Loss functions¶
Standard supervised¶
supervised_loss(criterion)
¶
Make a loss_fn(model, batch) for HessianOperator from a (input, target) criterion.
Source code in hessian_eigenthings/loss_fns/standard.py
supervised_forward(model, batch)
¶
The forward_fn for GGNOperator on a (input, target) batch: returns model(input).
Source code in hessian_eigenthings/loss_fns/standard.py
supervised_loss_of_output(criterion)
¶
Make a loss_of_output_fn for GGNOperator from a (output, target) criterion.
Source code in hessian_eigenthings/loss_fns/standard.py
supervised_per_sample_loss(criterion)
¶
Make a per_sample_loss_fn for EmpiricalFisherOperator. The criterion is called on
a single un-batched sample after vmap strips the batch dimension.

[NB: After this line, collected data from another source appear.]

//! This crate has one line of the wavelet transform, forward in i32 and its inverse in i32 and in i64, and the lifting
//! of whole rows.
//!
//! Layer: transform and blocks. It uses `wave_defs` and `lift_lanes`. It is used by `wave_strip`, `inverse_strip`, `wave_plain` and
//! `wave_tests`.
#![tactic(auto)]

ghost use Rattle.std.specs.Prelude.{◌≡◌, ℕ, ◌+◌, ◌*◌, ◌-◌, ◌^◌, ◌<◌, ◌≤◌, length};
ghost use Rattle.std.specs.Bool.{OnTrue};
ghost use Rattle.wave_defs.specs.Line.{even_before, even_within, high_of, low_of, even_of, odd_of, merged};
ghost use Rattle.wave_defs.specs.Within.{AllWithin};
ghost use Rattle.wave_defs.specs.Held.{Agrees, signal};

mod back;
mod back_halves;
mod back_widened;
mod halves;

pub use lift_lanes::{
    EvenRows, predict_add, predict_add_narrow, predict_add_widened, predict_sub, predict_sub_onto,
    update_add, update_add_narrow, update_sub, update_sub_onto,
};

/// Returns the number of the even sample before even sample `j`, if the line is mirrored (docs/formats.md, "A
/// line").
pub fn mirrored_before(j: usize) -> usize
    ensures { result ≡ even_before j }
{
    j.abs_diff(1)
}

/// Returns the number of even sample `k` of `n`, if the line is mirrored; `k` is at most one past the end
/// (docs/formats.md, "A line").
pub fn mirrored_after(n: usize, k: usize) -> usize
    requires within { k ≤ n + 1 }
    requires long { 3 ≤ n }
    requires fits { 2 * n < 2 ^ 64 }
    ensures value { result ≡ even_within n k }
    ensures inside { result < n }
{
    k.min(2 * n - 1 - k)
}

/// Computes the low and the high samples of a line (docs/formats.md, "A line").
///
/// The line has an even number of samples, at least 6 and each at most 2^24 in magnitude. `low` and
/// `high` have half as many each.
pub fn forward_row(row: &[i32], low: &mut [i32], high: &mut [i32])
    requires halves { length row.now ≡ 2 * length low.old }
    requires same { length high.old ≡ length low.old }
    requires long { 3 ≤ length low.old }
    requires bounded { AllWithin (2 ^ 24) (2 * length low.old) (signal row.now) }
    ensures low { Agrees (length low.new) (signal low.new)
        (low_of (signal row.now) (length low.new)) }
    ensures high { Agrees (length low.new) (signal high.new)
        (high_of (signal row.now) (length low.new)) }
{
    halves::split(row, low, high);
    halves::lift_high(low, high);
    halves::lift_low(low, high);
}

/// Computes the line that has these low and high samples (docs/formats.md, "A line").
///
/// `low` and `high` have the same length, at least 3, and samples of at most 2^38 in magnitude.
/// `row` has twice as many.
pub fn inverse_row(low: &[i64], high: &[i64], row: &mut [i64])
    requires halves { length row.old ≡ 2 * length low.now }
    requires same { length high.now ≡ length low.now }
    requires long { 3 ≤ length low.now }
    requires low_bounded { AllWithin (2 ^ 38) (length low.now) (signal low.now) }
    requires high_bounded { AllWithin (2 ^ 38) (length low.now) (signal high.now) }
    ensures { Agrees (2 * length low.now) (signal row.new)
        (merged (signal low.now) (signal high.now) (length low.now)) }
{
    let n = low.len();
    back::put_even(low, high, row, 0);
    back::put_even(low, high, row, 1);
    back::put_even(low, high, row, 2);
    back::put_odd(low, high, row, 0);
    'pairs: for j in 1..n - 2 {
        back::put_pair(low, high, row, j);
    }
    back::put_odd(low, high, row, n - 2);
    back::put_odd(low, high, row, n - 1);
}

/// Computes the even and the odd samples of the line that has these low and high samples, in their places (docs/formats.md,
/// "A line"). All samples fit 32 bits. If `small`, the sums fit them too.
fn inverse_halves(low: &mut [i32], high: &mut [i32], small: bool)
    requires same { length high.old ≡ length low.old }
    requires long { 3 ≤ length low.old }
    requires low_bounded { AllWithin (3 * 2 ^ 29) (length low.old) (signal low.old) }
    requires high_bounded { AllWithin (3 * 2 ^ 27) (length low.old) (signal high.old) }
    requires fits { AllWithin (2 ^ 31 - 1) (length low.old)
        (odd_of (signal low.old) (signal high.old) (length low.old)) }
    requires small_low { OnTrue small (AllWithin (9 * 2 ^ 25 + 2) (length low.old) (signal low.old)) }
    requires small_high { OnTrue small (AllWithin (9 * 2 ^ 25 + 2) (length low.old) (signal high.old)) }
    ensures even { Agrees (length low.old) (signal low.new) (even_of (signal low.old) (signal high.old)) }
    ensures odd { Agrees (length low.old) (signal high.new)
        (odd_of (signal low.old) (signal high.old) (length low.old)) }
{
    back_halves::lift_even(low, high);
    back_halves::lift_odd(high, low, small);
}

/// Computes the line that has these low and high samples (docs/formats.md, "A line"). It fits 32 bits. In place of the low and
/// the high samples it leaves the even and the odd ones. If `small`, the sums fit 32 bits too.
pub fn inverse_row_narrow(low: &mut [i32], high: &mut [i32], row: &mut [i32], small: bool)
    requires halves { length row.old ≡ 2 * length low.old }
    requires same { length high.old ≡ length low.old }
    requires long { 3 ≤ length low.old }
    requires low_bounded { AllWithin (3 * 2 ^ 29) (length low.old) (signal low.old) }
    requires high_bounded { AllWithin (3 * 2 ^ 27) (length low.old) (signal high.old) }
    requires fits { AllWithin (2 ^ 31 - 1) (length low.old)
        (odd_of (signal low.old) (signal high.old) (length low.old)) }
    requires small_low { OnTrue small (AllWithin (9 * 2 ^ 25 + 2) (length low.old) (signal low.old)) }
    requires small_high { OnTrue small (AllWithin (9 * 2 ^ 25 + 2) (length low.old) (signal high.old)) }
    ensures { Agrees (2 * length low.old) (signal row.new)
        (merged (signal low.old) (signal high.old) (length low.old)) }
{
    inverse_halves(low, high, small);
    back_halves::interleave(low, high, row);
}

// Computes the line that has these low and high samples, in sums of 64 bits.
fn inverse_row_long(low: &[i32], high: &[i32], row: &mut [i64])
    requires halves { length row.old ≡ 2 * length low.now }
    requires same { length high.now ≡ length low.now }
    requires long { 3 ≤ length low.now }
    requires low_bounded { AllWithin (2 ^ 31 - 1) (length low.now) (signal low.now) }
    requires high_bounded { AllWithin (2 ^ 31 - 1) (length low.now) (signal high.now) }
    ensures { Agrees (2 * length low.now) (signal row.new)
        (merged (signal low.now) (signal high.now) (length low.now)) }
{
    let n = low.len();
    'evens: for j in 0..n {
        back_widened::put_even_widened(low, high, row, j);
    }
    'odds: for j in 0..n {
        back_widened::put_odd_widened(low, high, row, j);
    }
}

/// Computes the line that has these low and high samples (docs/formats.md, "A line"), of which 64 bits are needed. If `small`,
/// the sums fit 32 bits; then it leaves the even and the odd samples in place of the low and the high ones.
pub fn inverse_row_widened(low: &mut [i32], high: &mut [i32], row: &mut [i64], small: bool)
    requires halves { length row.old ≡ 2 * length low.old }
    requires same { length high.old ≡ length low.old }
    requires long { 3 ≤ length low.old }
    requires low_bounded { AllWithin (2 ^ 31 - 1) (length low.old) (signal low.old) }
    requires high_bounded { AllWithin (2 ^ 31 - 1) (length low.old) (signal high.old) }
    requires small_low { OnTrue small (AllWithin (9 * 2 ^ 25 + 2) (length low.old) (signal low.old)) }
    requires small_high { OnTrue small (AllWithin (9 * 2 ^ 25 + 2) (length low.old) (signal high.old)) }
    ensures { Agrees (2 * length low.old) (signal row.new)
        (merged (signal low.old) (signal high.old) (length low.old)) }
{
    if small {
        inverse_halves(low, high, true);
        back_halves::interleave_widened(low, high, row);
        return;
    }
    inverse_row_long(low, high, row);
}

Source code in hessian_eigenthings/loss_fns/standard.py
HuggingFace Transformers¶
hf_lm_loss()
¶
For autoregressive LMs: loss_fn(model, batch) calls model(**batch).loss.

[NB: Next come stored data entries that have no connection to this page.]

//! The halves of a line: its even and its odd samples, side by side.

ghost use Rattle.std.specs.Prelude.{◌≡◌, ℕ, ◌+◌, ◌*◌, ◌-◌, ◌^◌, ◌<◌, ◌≤◌, length};
ghost use Rattle.wave_defs.specs.Within.{AllWithin};
ghost use Rattle.wave_defs.specs.Held.{Agrees, signal};
ghost use Rattle.lift_rows.specs.Halves.{evens, odds, high_half, low_half};

use lift_lanes::{high_sample, low_sample, predict_sub, update_sub};

/// Splits a line into its even and its odd samples.
#[tactic(auto, using(wave_defs::proofs::Filled::fills), unfolding(crate::specs::Halves::evens, crate::specs::Halves::odds))]
pub fn split(row: &[i32], even: &mut [i32], odd: &mut [i32])
    requires halves { length row.now ≡ 2 * length even.old }
    requires same { length odd.old ≡ length even.old }
    ensures even { Agrees (length even.new) (signal even.new) (evens (signal row.now)) }
    ensures odd { Agrees (length even.new) (signal odd.new) (odds (signal row.now)) }
{
    for j in 0..even.len() {
        even[j] = row[2 * j];
        odd[j] = row[2 * j + 1];
    }
}

/// Replaces the odd samples by the high ones. Only the first and the last two have even samples that are
/// mirrored.
pub fn lift_high(even: &[i32], odd: &mut [i32])
    requires same { length even.now ≡ length odd.old }
    requires long { 3 ≤ length odd.old }
    requires bounded { AllWithin (2 ^ 26) (length odd.old) (signal odd.old) }
    requires bounded_even { AllWithin (2 ^ 26) (length odd.old) (signal even.now) }
    ensures { Agrees (length odd.old) (signal odd.new)
        (high_half (signal odd.old) (signal even.now) (length odd.old)) }
{
    let n = odd.len();
    let first = high_sample(odd[0], even[1], even[0], even[1], even[2]);
    let before_last = high_sample(
        odd[n - 2],
        even[n - 3],
        even[n - 2],
        even[n - 1],
        even[n - 1],
    );
    let last = high_sample(
        odd[n - 1],
        even[n - 2],
        even[n - 1],
        even[n - 1],
        even[n - 2],
    );
    predict_sub(
        &mut odd[1..n - 2],
        &even[0..n - 3],
        &even[1..n - 2],
        &even[2..n - 1],
        &even[3..n],
    );
    odd[0] = first;
    odd[n - 2] = before_last;
    odd[n - 1] = last;
}

/// Replaces the even samples by the low ones. For the first of them the first high sample is used on both
/// sides.
pub fn lift_low(even: &mut [i32], high: &[i32])
    requires same { length high.now ≡ length even.old }
    requires long { 1 ≤ length even.old }
    requires bounded { AllWithin (2 ^ 26) (length even.old) (signal even.old) }
    requires bounded_high { AllWithin (2 ^ 26) (length even.old) (signal high.now) }
    ensures { Agrees (length even.old) (signal even.new)
        (low_half (signal even.old) (signal high.now)) }
{
    let n = even.len();
    let first = low_sample(even[0], high[0], high[0]);
    update_sub(&mut even[1..n], &high[0..n - 1], &high[1..n]);
    even[0] = first;
}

The batch must include labels so HF computes the loss internally; for causal LMs
that's typically labels=input_ids (with the standard internal shift).

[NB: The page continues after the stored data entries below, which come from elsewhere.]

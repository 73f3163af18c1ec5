// A route entry of a sheet, read once into a struct by value.
#![tactic(auto, unfolding(crate::specs::Route::route_at))]

ghost use Rattle.std.specs.Prelude.{◌≡◌, ◌+◌, ◌≤◌, ◌<◌, length};
ghost use Rattle.format.specs.Sizes.{route_fields};
ghost use Rattle.interface.specs.Interface.{most_interfaces};
ghost use Rattle.route_entry.specs.Route.{route_at, is_rp, prune_sent, in_map};

// The kind of a route for a source and a group. Kinds are bytes and no enum: until a sheet is checked it may hold any byte there, and
// the choice of a route compares that byte of each entry.
pub const SOURCE_AND_GROUP: u8 = 1;

// The kind of a route for a group.
pub const GROUP_ONLY: u8 = 2;

// The kind of a route for a source only.
pub const SOURCE_ONLY: u8 = 3;

// The number of an incoming interface that is not known.
pub const UNKNOWN: u16 = u16::MAX;

// The flags of a route.
pub const RP_FLAG: u8 = 1;

pub const PRUNE_FLAG: u8 = 2;

#[derive(Clone, Copy)]
pub struct Route {
    pub kind: u8,
    pub length: u8,
    pub flags: u8,
    pub zero: u8,
    pub source: u32,
    pub group: u32,
    pub upstream: u32,
    pub incoming: u16,
    pub protocol: u16,
    pub multicast: u16,
    pub zeros: u16,
    pub packets: u64,
    pub forward: u64,
    pub pruned: u64,
    pub stopped: u64,
}

// The kind of the route whose bytes begin at `at`. The choice of a route looks at this and the next three fields, and reads no other.
pub fn kind_at(s: &[u8], at: usize) -> u8
    requires { at + route_fields ≤ length s.now }
    ensures { result ≡ (route_at s.now at).kind }
{
    s[at]
}

// The length of its source prefix.
pub fn length_at(s: &[u8], at: usize) -> u8
    requires { at + route_fields ≤ length s.now }
    ensures { result ≡ (route_at s.now at).length }
{
    s[at + 1]
}

// Its source.
pub fn source_at(s: &[u8], at: usize) -> u32
    requires { at + route_fields ≤ length s.now }
    ensures { result ≡ (route_at s.now at).source }
{
    wire::be32(s, at + 4)
}

// Its group.
pub fn group_at(s: &[u8], at: usize) -> u32
    requires { at + route_fields ≤ length s.now }
    ensures { result ≡ (route_at s.now at).group }
{
    wire::be32(s, at + 8)
}

// The route whose bytes begin at `at`.
pub fn route_at(s: &[u8], at: usize) -> Route
    requires { at + route_fields ≤ length s.now }
    ensures { result ≡ route_at s.now at }
{
    Route {
        kind: kind_at(s, at),
        length: length_at(s, at),
        flags: s[at + 2],
        zero: s[at + 3],
        source: source_at(s, at),
        group: group_at(s, at),
        upstream: wire::be32(s, at + 12),
        incoming: wire::be16(s, at + 16),
        protocol: wire::be16(s, at + 18),
        multicast: wire::be16(s, at + 20),
        zeros: wire::be16(s, at + 22),
        packets: wire::be64(s, at + 24),
        forward: wire::be64(s, at + 32),
        pruned: wire::be64(s, at + 40),
        stopped: wire::be64(s, at + 48),
    }
}

// Whether the RP flag is set.
pub fn is_rp(r: Route) -> bool
    ensures { result ≡ is_rp r }
{
    r.flags & RP_FLAG != 0
}

// Whether the flag for a prune that was sent is set.
#[tactic(auto, using(wire::proofs::Laws::second_flag))]
pub fn prune_sent(r: Route) -> bool
    ensures { result ≡ prune_sent r }
{
    r.flags & PRUNE_FLAG != 0
}

// Whether interface `i` is in a map.
pub fn in_map(map: u64, i: usize) -> bool
    requires { i < most_interfaces }
    ensures { result ≡ in_map map i }
{
    (map >> i) % 2 == 1
}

Source code in hessian_eigenthings/loss_fns/huggingface.py
hf_seq2seq_loss()
¶
For seq2seq models (e.g. T5/BART) that compute the decoder cross-entropy internally.
hf_lm_forward()
¶
forward_fn for GGNOperator on an HF causal LM: returns logits (no loss).
Source code in hessian_eigenthings/loss_fns/huggingface.py
hf_lm_loss_of_output()
¶
loss_of_output_fn for GGNOperator on an HF causal LM: standard shifted CE on logits and labels.
The returned callable carries a .hvp(output, batch, u) method holding the
closed-form loss-Hessian-vector product for mean-reduced cross-entropy with
softmax: H @ u = (p * u - p * (p · u)) / n per non-ignored position,
where p = softmax(logits) and n is the count of non-ignored positions.
GGNOperator picks this up automatically and skips the autograd
double-backward.
Source code in hessian_eigenthings/loss_fns/huggingface.py
TransformerLens¶
tlens_loss()
¶
For TLens HookedTransformer: loss_fn(model, tokens) = model(tokens, return_type='loss').
Source code in hessian_eigenthings/loss_fns/transformer_lens.py
tlens_forward()
¶
forward_fn for GGNOperator: returns the model's logits.
Source code in hessian_eigenthings/loss_fns/transformer_lens.py
tlens_loss_of_output()
¶
loss_of_output_fn for GGNOperator: shifted CE on the TLens logits/tokens.